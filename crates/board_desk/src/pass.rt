ghost use Rattle.board_desk.specs.Mine.{mine_of};
ghost use Rattle.std.specs.Prelude.{◌≡◌, length};
ghost use Rattle.tile_board.specs.Boards.{IsBoard};
ghost use Rattle.tile_board.specs.Histories.{newest_of};

use crate::lock::Place;
use std::marker::Model;
use tile_board::Board;

/// With a pass an analyst or a worker asks the desk. It records how much of the history was seen through it, and what
/// was added through it in the analyst's name.
#[derive(Drop)]
pub struct Pass {
    pub(crate) seat: Place,
    pub(crate) analyst: Option<u32>,
    pub(crate) heard: Heard,
    pub(crate) ended: bool,
}

impl Model for Pass {
    ghost use Rattle.board_desk.specs.Passes.{IsSound, PassView};
    ghost use Rattle.board_desk.specs.Seats.{IsHeard, pass_view};
    ghost use Rattle.std.specs.Prelude.{◌≡◌, [], false};

    ghost Value = { PassView };

    ghost view = { λ p. pass_view p.seat.table_id p.seat.me p.ended };

    ghost invariant = { λ p. (p.seat.me.1 ≡ []) × (p.seat.me.0.holds ≡ false) × (p.seat.me.0.own.analyst ≡ p.analyst) × IsHeard (pass_view p.seat.table_id p.seat.me p.ended) p.heard × IsSound (pass_view p.seat.table_id p.seat.me p.ended) };
}

/// What a pass remembers of the history that was seen through it.
#[derive(Clone, Copy)]
pub(crate) struct Heard {
    /// The length of that history.
    pub(crate) front: u64,
    /// The newest published revision in it; None if it has none.
    pub(crate) newest: Option<u32>,
    /// How many entries in it name the analyst.
    pub(crate) done: u32,
}

impl Heard {
    /// What a pass of this analyst remembers of a board's history.
    pub(crate) fn of(board: &Board, analyst: Option<u32>) -> Heard
        ensures front { result.front ≡ length board.now.entries }
        ensures newest { result.newest ≡ newest_of board.now.entries }
        ensures done { result.done ≡ length (mine_of analyst board.now.entries) }
        ensures board { IsBoard board.now }
    {
        Heard {
            front: board.entries().len() as u64,
            newest: board.newest(),
            done: own_count(board, analyst),
        }
    }
}

/// How many entries of a board's history name an analyst.
fn own_count(board: &Board, analyst: Option<u32>) -> u32
    ensures { result ≡ length (mine_of analyst board.now.entries) }
{
    match analyst {
        Some(number) => board.done(number),
        None => 0,
    }
}

impl Pass {
    ghost use Rattle.board_desk.specs.Passes.{IsSound};
    ghost use Rattle.std.specs.Prelude.{◌≡◌, length};
    ghost use Rattle.tile_board.specs.Histories.{newest_of};

    /// The analyst, numbered from 1; None for a worker.
    pub fn analyst(&self) -> Option<u32>
        ensures { result ≡ self.now.analyst }
    {
        self.analyst
    }

    /// The length of the longest history that was seen, in entries.
    pub fn front(&self) -> u64
        ensures { result ≡ length self.now.seen }
    {
        self.heard.front
    }

    /// The newest published revision of that history; None if it has none.
    pub fn newest_seen(&self) -> Option<u32>
        ensures { result ≡ newest_of self.now.seen }
    {
        self.heard.newest
    }

    /// How many commands of the analyst's script are done; 0 for a worker.
    pub fn done(&self) -> u32
        ensures { result ≡ length self.now.mine }
    {
        self.heard.done
    }

    /// Whether the desk has answered that the analyst's script is at its end.
    pub fn ended(&self) -> bool
        ensures value { result ≡ self.now.ended }
        ensures sound { IsSound self.now }
    {
        self.ended
    }
}
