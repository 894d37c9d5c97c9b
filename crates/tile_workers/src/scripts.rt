ghost use Rattle.board_desk.specs.Passes.{HaveAnalysts, IsLaterPass, IsPassOf};
ghost use Rattle.std.specs.Prelude.{◌≡◌, ◌≢◌, All, None, OnOk, true};
ghost use Rattle.tile_workers.specs.Scripts.{AreEnded, AreLater};

use crate::gate::Gate;
use crate::settling::try_settle;
use board_desk::{Desk, Pass};
use raster_model::MAX_ANALYSTS;
use std::alloc::{AllocError, Global};
use std::sync::Wait;
use std::thread;
use std::thread::Threads;
use tile_board::{Advance, AdvanceFault};

/// The most analysts that run at once.
const MOST_ANALYSTS: usize = MAX_ANALYSTS as usize;

/// Runs the scripts of the passes' analysts to their ends, each in a thread of its own. Each settle command has workers of
/// its own; if `workers` is 0, it has one. It fails only for lack of memory; if one script runs out of memory, the others
/// still go on.
pub fn run_scripts<R: Threads + Wait + Sync, G: Gate>(
    rt: &R,
    alloc: Global,
    desk: &Desk,
    passes: &mut [Pass],
    workers: u32,
    gate: &G,
) -> Result<(), AllocError>
    requires passes { All (IsPassOf desk.now) passes.old }
    requires analysts { HaveAnalysts passes.old }
    ensures later { AreLater passes.old passes.new }
    ensures ended { OnOk result (AreEnded passes.new) }
{
    run_each(rt, alloc, desk, passes, workers, gate);
    if have_ended(passes) {
        Ok(())
    } else {
        Err(AllocError)
    }
}

/// Runs the scripts of the passes' analysts, each in a thread of its own.
fn run_each<R: Threads + Wait + Sync, G: Gate>(
    rt: &R,
    alloc: Global,
    desk: &Desk,
    passes: &mut [Pass],
    workers: u32,
    gate: &G,
)
    requires passes { All (IsPassOf desk.now) passes.old }
    requires analysts { HaveAnalysts passes.old }
    ensures { AreLater passes.old passes.new }
{
    thread::for_each_mut(
        rt,
        passes,
        MOST_ANALYSTS,
        &|_, pass: &mut Pass|
            requires { IsPassOf desk.now pass.old × (pass.old.analyst ≢ None) }
            ensures { IsLaterPass pass.entry.now pass.exit.now }
        {
            let _run = run_script(rt, alloc, desk, pass, workers, gate);
        },
    );
}

/// Whether the desk has answered of each pass that its script is at its end.
fn have_ended(passes: &[Pass]) -> bool
    ensures { result ≡ true → AreEnded passes.now }
{
    for pass in passes {
        if !pass.ended() {
            return false;
        }
    }
    true
}

/// Runs the script of a pass's analyst to its end.
fn run_script<R: Threads + Wait + Sync, G: Gate>(
    rt: &R,
    alloc: Global,
    desk: &Desk,
    pass: &mut Pass,
    workers: u32,
    gate: &G,
) -> Result<(), AllocError>
    requires pass { IsPassOf desk.now pass.old }
    requires analyst { pass.old.analyst ≢ None }
    ensures { IsLaterPass pass.old pass.new }
{
    for _ in rt.forever() {
        match desk.advance(rt, alloc, pass).answer {
            Ok(Advance::Revised(_) | Advance::Settled(_) | Advance::Shown(_)) => {}
            Ok(Advance::NotYet(_)) => {
                try_settle(rt, alloc, desk, pass, workers, gate)?;
            }
            Ok(Advance::Ended) => return Ok(()),
            Err(AdvanceFault::Memory) => return Err(AllocError),
        }
    }
    unreachable!()
}
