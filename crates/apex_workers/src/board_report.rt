//! The report of a board, from its log and its ports.
ghost use Rattle.std.specs.Prelude.{◌≡◌, ◌++◌, string_bytes, IfOk, OnOk};
ghost use Rattle.apex_texts.specs.Report.{entry_lines, report_of};

use apex_board::Board;
use apex_ports::{CallRef, ReplyRef};
use apex_texts::{push_entry, push_totals};
use apex_types::OutOfMemory;
use std::alloc::{AllocError, Global};

/// The number of bytes that are reserved for each line of the log.
const LINE_BYTES: usize = 64;

/// The report of a board.
#[tactic(auto, unfolding(apex_texts::specs::Report::report_of))]
pub fn report(alloc: Global, board: &Board) -> Result<String, OutOfMemory>
    ensures { IfOk result (λ text. string_bytes text ≡ report_of board.now.config board.now.log) }
{
    let bytes = board.log().len().saturating_mul(LINE_BYTES);
    let mut text = String::with_capacity(alloc, bytes)?;
    push_log(&mut text, board)?;
    push_totals(&mut text, board.ports())?;
    Ok(text)
}

/// A line for each entry of the log.
#[tactic(auto, unfolding(apex_texts::specs::Report::entry_lines))]
fn push_log(text: &mut String, board: &Board) -> Result<(), AllocError>
    ensures { OnOk result (string_bytes text.new
        ≡ string_bytes text.old ++ entry_lines board.now.config 1 board.now.log) }
{
    let log = board.log();
    let mut number: u64 = 0;
    for entry in log {
        number += 1;
        let name = board.config().partition_name(entry.partition).text();
        let call = CallRef::of(&entry.call);
        let reply = ReplyRef::of(&entry.reply);
        push_entry(text, number, name, entry.at, call, reply)?;
    }
    Ok(())
}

________________

(WORK ORDER):
For the word "IsBoard", state how many lines of the entries contain it, with nothing else.

(WRITTEN SOLUTION):
2